Gallium nitride based compound semiconductor (hereinafter to be also referred to as “GaN-based semiconductor”) is compound semiconductor made of a III group nitride represented by the chemical formula:AlaInbGa1-a-bN(0≦a≦1, 0≦b≦1, 0≦a+b≦1),which is exemplified by those having any composition such as GaN, InGaN, AlGaN; AlInGaN, AlN, InN and the like. A compound semiconductor of the above-mentioned chemical formula wherein a part of the III group element is substituted by B (boron), Tl (thallium) and the like and one wherein a part of N (nitrogen) is substituted by P (phosphorus), As (arsenic), Sb (antimony), Bi (bismuth) and the like are encompassed in the GaN-based semiconductor.
In recent years, GaN-based semiconductor light emitting elements such as light emitting diode (LED), laser diode (LD) and the like, which emit light having a wavelength of from green to ultraviolet, have been practiced and are drawing attention.
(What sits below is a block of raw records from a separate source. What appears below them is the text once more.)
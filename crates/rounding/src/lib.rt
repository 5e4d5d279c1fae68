//! What "rounded as IEEE 754 says" means (specs/Meaning.antt), and that the changes of width and the square root have
//! that meaning.

#![tactic(auto)]

ghost use Rattle.rounding.specs.Meets.{OperationsMeetIeee754};

/// A narrowed number and a square root are the nearest values of the format, of two as near the one that ends in an
/// even digit; and what becomes of an infinity, a NaN, a zero and a number below zero.
pub fn operations_meet_ieee_754()
    ensures { OperationsMeetIeee754 }
{}
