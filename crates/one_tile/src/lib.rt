// A line that lies within one tile, off its edges, as it is counted: most lines of a trace are. Its one step is on that
// tile and marks nothing, so it needs no walk. Nothing is written here, and nothing refused: where the tile's count or the
// references are at their limit, and of any other line, it says nothing, and the line is left to `one_line`.
#![tactic(auto)]

ghost use Rattle.std.specs.Prelude.{◌≡◌, ◌+◌, ◌*◌, ◌<◌, ◌≤◌, length};
ghost use Rattle.panel.specs.Paths.{paths_answer};
ghost use Rattle.panel.specs.Widths.{line_floats};
ghost use Rattle.panel.specs.Answer.{Done};
ghost use Rattle.one_tile.specs.One.{Boxes, SpotAt, OneMet};

use panel::kinds::TileNo;
use panel::limits::{MOST_COUNT, MOST_SLOTS};
use panel::lines::line_at;
use panel::paths::path_at;
use panel::widths::{PATH_WORDS, REF_WORDS};
use spot::spot_of;

// The tile that the line at a place of those lent lies in: its number, its column and its row.
fn spot_at(
    path_nos: &[u32],
    coords: &[f32],
    paths: &[u32],
    place: u32,
) -> Option<(TileNo, u32, u32)>
    requires { Boxes paths.now × (place < length path_nos.now) × (place * line_floats + line_floats ≤ length coords.now) }
    ensures { SpotAt path_nos.now coords.now paths.now place result }
{
    let path_no = path_nos[place as usize];
    if (path_no as usize) >= paths.len() / PATH_WORDS {
        return None;
    }
    let line = line_at(coords, place);
    spot_of(line.p0, line.p1, path_at(paths, path_no))
}

// That tile, where it can be counted once more and there is room for reference number made; nothing of a line that is to
// be walked.
pub fn one_at(
    place: u32,
    made: u32,
    path_nos: &[u32],
    coords: &[f32],
    paths: &[u32],
    counts: &[u32],
    refs: &[u32],
) -> Option<TileNo>
    requires { (paths_answer paths.now (length counts.now) ≡ Done)
        × (place < length path_nos.now) × (place * line_floats + line_floats ≤ length coords.now) }
    ensures { OneMet path_nos.now coords.now paths.now place made counts.now (length refs.now) result }
{
    let (tile, _, _) = spot_at(path_nos, coords, paths, place)?;
    let n = counts[tile.0 as usize];
    if (made as usize >= refs.len() / REF_WORDS) | (made >= MOST_SLOTS) | (n >= MOST_COUNT) {
        return None;
    }
    Some(tile)
}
This light emitting element has, as a basic structure, a pn junction diode structure formed by joining an n-type GaN-based semiconductor and a p-type GaN-based semiconductor. Simply put, according to the emission mechanism of the light emitting element, when electron injected into n-type GaN-based semiconductor and positive hole injected into p-type GaN-based semiconductor are recombined together to lose energy in the pn junction or the vicinity thereof, the light corresponding to the energy is emitted. In such an element, an electrode that makes an ohmic contact with an n-type GaN-based semiconductor (hereinafter to be also referred to as “n-type ohmic electrode”) is used to efficiently inject electron into an n-type GaN-based semiconductor. In LED, a constitution wherein an n-type ohmic electrode also serves as a contact electrode is generally employed. A contact electrode is an electrode to which a bonding wire, a solder and the like used for electric connection of an element and an external electrode for the element are bonded. A contact electrode is required to show a good bondability with a bonding wire (e.g., Au wire) or a solder (e.g., Au—Sn eutectic). When the bondability is poor, a defect tends to occur in a chip mounting process.
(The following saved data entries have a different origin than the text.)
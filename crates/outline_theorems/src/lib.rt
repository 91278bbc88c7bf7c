// What lines are worth that the call `outlines` answers with done. There is no code: what is said stands in
// specs/, how it is proved in proofs/.

#![tactic(auto)]
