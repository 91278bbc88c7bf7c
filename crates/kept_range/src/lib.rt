// The range of the path counted again: its tiles are kept and zeroed, its new lines are counted into them, and where one is
// refused they get back what they held.
#![tactic(auto)]

ghost use Rattle.std.specs.Prelude.{◌≡◌, ◌*◌, ◌≤◌, ◌<◌, length};
ghost use Rattle.panel.specs.Paths.{path_at, path_count};
ghost use Rattle.panel.specs.Widths.{line_floats};
ghost use Rattle.walked_lines.specs.Line.{Lent};
ghost use Rattle.new_lines.specs.Recounted.{recounted_told};
ghost use Rattle.kept_range.specs.Kept.{tiles_in, out_of, redrawn_of};

use new_lines::{RecountRefused, count_lines};
use panel::kinds::Path;
use panel::paths::path_at;
use ranges::{clear, copy};

// How many tiles a path has whose box is in order.
pub fn tiles_in(p: Path) -> usize
    requires { (p.x0 ≤ p.x1) × (p.y0 ≤ p.y1) }
    ensures { result ≡ tiles_in p }
{
    ((p.x1 - p.x0) as usize) * ((p.y1 - p.y0) as usize)
}

// The range is kept and zeroed, and the lines are counted; where one is refused, the range gets back
// what it held.
pub fn redraw(
    path: u32,
    line_nos: &[u32],
    path_nos: &[u32],
    coords: &[f32],
    paths: &[u32],
    backdrops: &mut [i32],
    counts: &mut [u32],
    refs: &mut [u32],
    kept_backdrops: &mut [i32],
    kept_counts: &mut [u32],
) -> Result<u32, RecountRefused>
    requires { Lent paths.now (length backdrops.old) (length counts.old) × (path < path_count paths.now)
        × (length line_nos.now ≡ length path_nos.now) × (length path_nos.now * line_floats ≤ length coords.now)
        × (length kept_backdrops.old ≡ tiles_in (path_at paths.now path)) × (length kept_counts.old ≡ tiles_in (path_at paths.now path)) }
    ensures { out_of (recounted_told result) backdrops.new counts.new refs.new kept_backdrops.new kept_counts.new
        ≡ redrawn_of path line_nos.now path_nos.now coords.now paths.now backdrops.old counts.old refs.old
        kept_backdrops.old kept_counts.old }
{
    let b = path_at(paths, path);
    let first = b.first as usize;
    let n = tiles_in(b);
    copy(backdrops, first, kept_backdrops, 0, n);
    copy(counts, first, kept_counts, 0, n);
    clear(backdrops, first, n, 0);
    clear(counts, first, n, 0);
    let r = count_lines(
        path, line_nos, path_nos, coords, paths, backdrops, counts, refs,
    );
    if r.is_err() {
        copy(kept_backdrops, 0, backdrops, first, n);
        copy(kept_counts, 0, counts, first, n);
    }
    r
}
Conventionally, a single layer film of Al (aluminum) or a multi-layer film wherein an Al layer is laminated on a Ti (titanium) layer has been used as an n-type ohmic electrode (JP-A-7-45867, U.S. Pat. No. 5,563,422). However, since these electrodes are mainly made of an Al layer, they show low heat resistance and, for example, problematically easily deformed when a heat treatment is applied. This is caused by the facts that Al has a low melting point, thermal stress is easily developed inside the electrode because the thermal expansion coefficient of Al is extremely large as compared to that of GaN-based semiconductor, and the like. Moreover, when these electrodes are used as contact electrodes, an oxidized film is formed on the surface of Al, which degrades Au wire bondability and wettability by Au—Sn eutectic solder. Therefore, the yield tends to be low in a chip mounting process. To solve this problem, an electrode wherein an Au layer is laminated on an Al layer at a layer made of a metal having a comparatively high melting point has been proposed (JP-A-7-221103, U.S. Pat. No. 5,563,422). However, this electrode also requires a heat treatment at a temperature of about 400° C. to decrease the contact resistance, since it is in contact with an n-type GaN-based semiconductor at an Al layer. The heat treatment roughens the surface of the electrode and problematically degrades the bondability of the electrode with bonding wire or solder. This electrode is associated with the problem in that production of electrodes with the same property with good reproducibility is difficult, since the contact resistance with n-type GaN-based semiconductor after a heat treatment is affected by the diffusion state of Al and Au due to the thermal stress.
As an n-type ohmic electrode free of Al, JP-A-11-8410 discloses an n-type ohmic electrode obtained by laminating TiW alloy layer, Ge (germanium) layer and Rh (rhodium) layer and heat-treating the laminate. The principle of the good ohmic contact formed by the electrode with the n-type GaN-based semiconductor is unclear. However; since a good ohmic contact is formed irrespective of the order of lamination of these three metal layers, it is postulated that a product resulting from the chemical reaction involving all three metal layers plays some role. Therefrom it is expected that the property of the obtained electrode will not be stabilized unless the conditions under which the three layers are laminated and the conditions of the subsequent heat treatment in the formation of the electrode are strictly controlled. Therefore, a semiconductor element using this electrode is considered to be unsuitable for a large-scale production.